Since then it has become an unwritten law as the country economy has gone down slowly due to the Generals as one Junta after another have little or no idea of what is wrong with the economy, little realising that they themselves are the wrong persons to be in power. The people of Burma label them as Ché Brain (shit brain) just like what most MP of the USDP is today. Slowly after more than half a century these men in uniform realised that Burma’s multiple exchange rates are the most noticeable of the maladies that have characterized the country’s economy, hence they opted for the change. The announcement on April 1st that Burma is to move to a “managed float” has attracted much attention among the business circles. But whether this potential becomes an actual transformation or so is still to be seen. The rate selected to kick the system off is Kyat 818 to the dollar (with a two percent allowable margin either side), looks very certain and specific. However, no one knows what is a rate for the Kyat that is consistent with the country’s economic “fundamentals” as even now the money changers rate is only Kyat780 to a U S dollar.1 In short, before settling on any particular point around which to manage the exchange rate, a bit of truly free floating might be more feasible. 2
Most people will adopt a “wait and see” attitude with respect to what happens with the accounting of the foreign exchange earnings of the country’s state-owned enterprises. If they recorded at the new floating rate, then Burma’s budgetary position will be transformed, accompanied by reasonable cuts to military spending and lift in spending on health, education, and all the other areas of desperate need, then it can be positive. Even though Burma’s budget for 2012/13 adopted a rate similar to the new floating target, yet it lacks the details of this budget. The country’s fiscal deficits have been the most intractable of its economic problems, and the budget is the medium through which the biggest impact of exchange rate change will be felt. In short, upon this depends just about everything. But the big question is what to do if Kyat 818 to the US dollar persists in damaging the reasonable prospects of Burma’s private sector exporters, and/or if market pressure pushes the rate even higher. The latter may be a likely consequence of Burma’s rising exports of energy which, from 2013, will be significantly boosted when the gas from Arakan State’s Shwe Gas start flowing to China.

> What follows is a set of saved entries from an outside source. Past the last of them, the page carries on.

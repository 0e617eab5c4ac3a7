// Row 1 of the refusals (document 01): whether the record in its octets is one that can be. No test ends another: each
// function is the definition of its name in specs/Judge.antt, test by test, and a loop looks at all five connections. Tags
// are looked at in the octets, since a record has none that is not there.
ghost use Rattle.std.specs.Prelude.{◌≡◌, ◌+◌, ◌≤◌, length};
ghost use Rattle.area.specs.Map.{area_size};
ghost use Rattle.record.specs.Layout.{counts_size, conns_size, record_end};
ghost use Rattle.record.specs.Reading.{decode_of};
ghost use Rattle.record.specs.Judge.{hand_ok, given_ok, host_side_ok, controller_side_ok, counts_ok, conns_ok, ends_ok, record_ok, rf_known, conn_known, conns_known, tags_ok, judge_of};

use crate::{parameters, places};
use area::map::{AREA, CONTROL, MESSAGE, PLACES, RECORD_AT, STORE, WIRE};
use config::stored::parameters_ok;
use state::kinds::{ControllerSide, Counts, Ends, Hand, HostSide, Record};
use state::profile::{LEAST_SIZE, profile_ok};

// Where tags stand in the record: of the unanswered command, of the two control runs, of the RF state and its selection.
const PENDING: usize = places::HOST + places::PENDING_PART;

const HEARING_LOST: usize = places::HEARING + places::RUN_PART + places::LOST_PART;

const ASKING_LOST: usize = places::ASKING + places::RUN_PART + places::LOST_PART;

const RF: usize = places::CONTROLLER + places::RF_PART;

const SELECTED: usize = places::CONTROLLER + places::SELECTED_PART;

// Where they stand in a connection: its run lost at the host, open at the controller, its run lost there.
const HOST_LOST: usize = places::HOST_RUN_PART + places::LOST_PART;

const OPENED: usize = places::HOST_SIDE_SIZE;

const LOST: usize = OPENED + places::CONTROLLER_RUN_PART + places::LOST_PART;

#[tactic(auto, unfolding(crate::specs::Judge::hand_ok))]
fn hand_ok(h: Hand) -> bool
    ensures { result ≡ hand_ok h }
{
    (h.len <= MESSAGE) & (h.at <= h.len)
}

#[tactic(auto, unfolding(crate::specs::Judge::given_ok))]
fn given_ok(id: u8) -> bool
    ensures { result ≡ given_ok id }
{
    (id == 0) | ((2 <= id) & (id <= 5))
}

#[tactic(auto, unfolding(crate::specs::Judge::host_side_ok))]
fn host_side_ok(h: HostSide) -> bool
    ensures { result ≡ host_side_ok h }
{
    (h.held <= h.grant) & (!h.opened | (1 <= h.payload)) & hand_ok(h.hand) & (h.run.len <= MESSAGE)
}

#[tactic(auto, unfolding(crate::specs::Judge::controller_side_ok))]
fn controller_side_ok(k: ControllerSide) -> bool
    ensures { result ≡ controller_side_ok k }
{
    (k.owed <= k.grant)
        & ((k.store.count <= STORE) & (k.store.head < STORE))
        & (k.run.len <= MESSAGE)
}

#[tactic(auto, unfolding(crate::specs::Judge::counts_ok))]
fn counts_ok(c: Counts) -> bool
    ensures { result ≡ counts_ok c }
{
    host_side_ok(c.host) & controller_side_ok(c.controller)
}

#[tactic(auto, using(crate::proofs::Judging::oks_all))]
fn conns_ok(conns: [Counts; 5]) -> bool
    ensures { result ≡ conns_ok conns }
{
    let mut ok = true;
    for c in &conns {
        ok &= counts_ok(*c);
    }
    ok
}

#[tactic(auto, unfolding(crate::specs::Judge::ends_ok))]
fn ends_ok(e: Ends) -> bool
    ensures { result ≡ ends_ok e }
{
    let numbers = (LEAST_SIZE <= e.host.size)
        & (e.hearing.run.len <= CONTROL)
        & (e.asking.run.len <= CONTROL)
        & (e.controller.pairs.count <= places::PAIRS_ROOM);
    numbers
        & given_ok(e.controller.given)
        & profile_ok(e.profile)
        & hand_ok(e.endpoint)
        & conns_ok(e.conns)
}

#[tactic(auto, unfolding(crate::specs::Judge::record_ok))]
fn record_ok(r: Record) -> bool
    ensures { result ≡ record_ok r }
{
    let down = (r.down.count <= WIRE) & (r.down.head < WIRE);
    let up = (r.up.count <= WIRE) & (r.up.head < WIRE);
    down & up & ends_ok(r.ends)
}

#[tactic(auto, unfolding(crate::specs::Judge::rf_known))]
fn rf_known(tag: u8, selected: u8) -> bool
    ensures { result ≡ rf_known tag selected }
{
    (tag <= 6) & ((tag != 3) | (selected <= 1))
}

#[tactic(auto, unfolding(crate::specs::Judge::conn_known))]
fn conn_known(s: &[u8], at: usize) -> bool
    requires { at + counts_size ≤ length s.now }
    ensures { result ≡ conn_known s.now at }
{
    (s[at] <= 1)
        & (s[at + places::HAND_PART] <= 1)
        & (s[at + HOST_LOST] <= 1)
        & (s[at + OPENED] <= 1)
        & (s[at + LOST] <= 1)
}

#[tactic(auto, using(crate::proofs::Judging::known_all))]
fn conns_known(s: &[u8], at: usize) -> bool
    requires { at + conns_size ≤ length s.now }
    ensures { result ≡ conns_known s.now at }
{
    let mut known = true;
    for k in 0..PLACES {
        known &= conn_known(s, at + k * places::COUNTS_SIZE);
    }
    known
}

#[tactic(auto, unfolding(crate::specs::Judge::tags_ok))]
fn tags_ok(s: &[u8]) -> bool
    requires { record_end ≤ length s.now }
    ensures { result ≡ tags_ok s.now }
{
    let tags = (s[PENDING] <= 1)
        & (s[places::CONTROLLER] <= 2)
        & (s[HEARING_LOST] <= 1)
        & (s[ASKING_LOST] <= 1)
        & (s[places::ENDPOINT] <= 1);
    tags & rf_known(s[RF], s[SELECTED]) & conns_known(s, places::CONNS)
}

// Whether row 1 does not apply, to the record and to the configuration behind it.
// The area's record r is decoded by the caller, who needs it too.
#[tactic(auto, unfolding(crate::specs::Judge::judge_of, crate::specs::Layout::record_octets, octets::specs::Octets::cut), using(crate::proofs::Configured::length_config))]
pub fn judge(area: &[u8], r: Record) -> bool
    requires { (area_size ≤ length area.now) × (r ≡ decode_of area.now) }
    ensures { result ≡ judge_of area.now }
{
    tags_ok(&area[RECORD_AT..AREA]) & record_ok(r) & parameters_ok(parameters::values_of(area))
}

As a consequence of all of this Burma faces what Prof. Sean Tunell, describes as “Dutch Disease” (so named after the experience of the Netherlands after the discovery of North Sea oil), where an energy exports-generated surge in the exchange rate makes other exports uncompetitive. Moving to a managed float for Burma’s currency does not constitute anything like a magic bullet for its economic ills. These require yet more profound changes, especially in the transparency required in the spending and revenues of the government.
Because of its Military, the Tatmadaw, Burma, is among the poorest countries of the world with citizens earning an average of just $2.25 per day, according to IMF estimates, while inflation averaged about 24 percent a year over the past decade as according to IMF data. “Further reducing inflation would require stopping the financing of the fiscal budget deficits through money creation,” the IMF said in January. “A prudent fiscal policy is essential to maintain macroeconomic stability, especially during the exchange rate unification process.” Burma, will likely issue more treasury bonds to domestic investors to finance fiscal deficits, reducing its reliance on printing money to fill budget gaps.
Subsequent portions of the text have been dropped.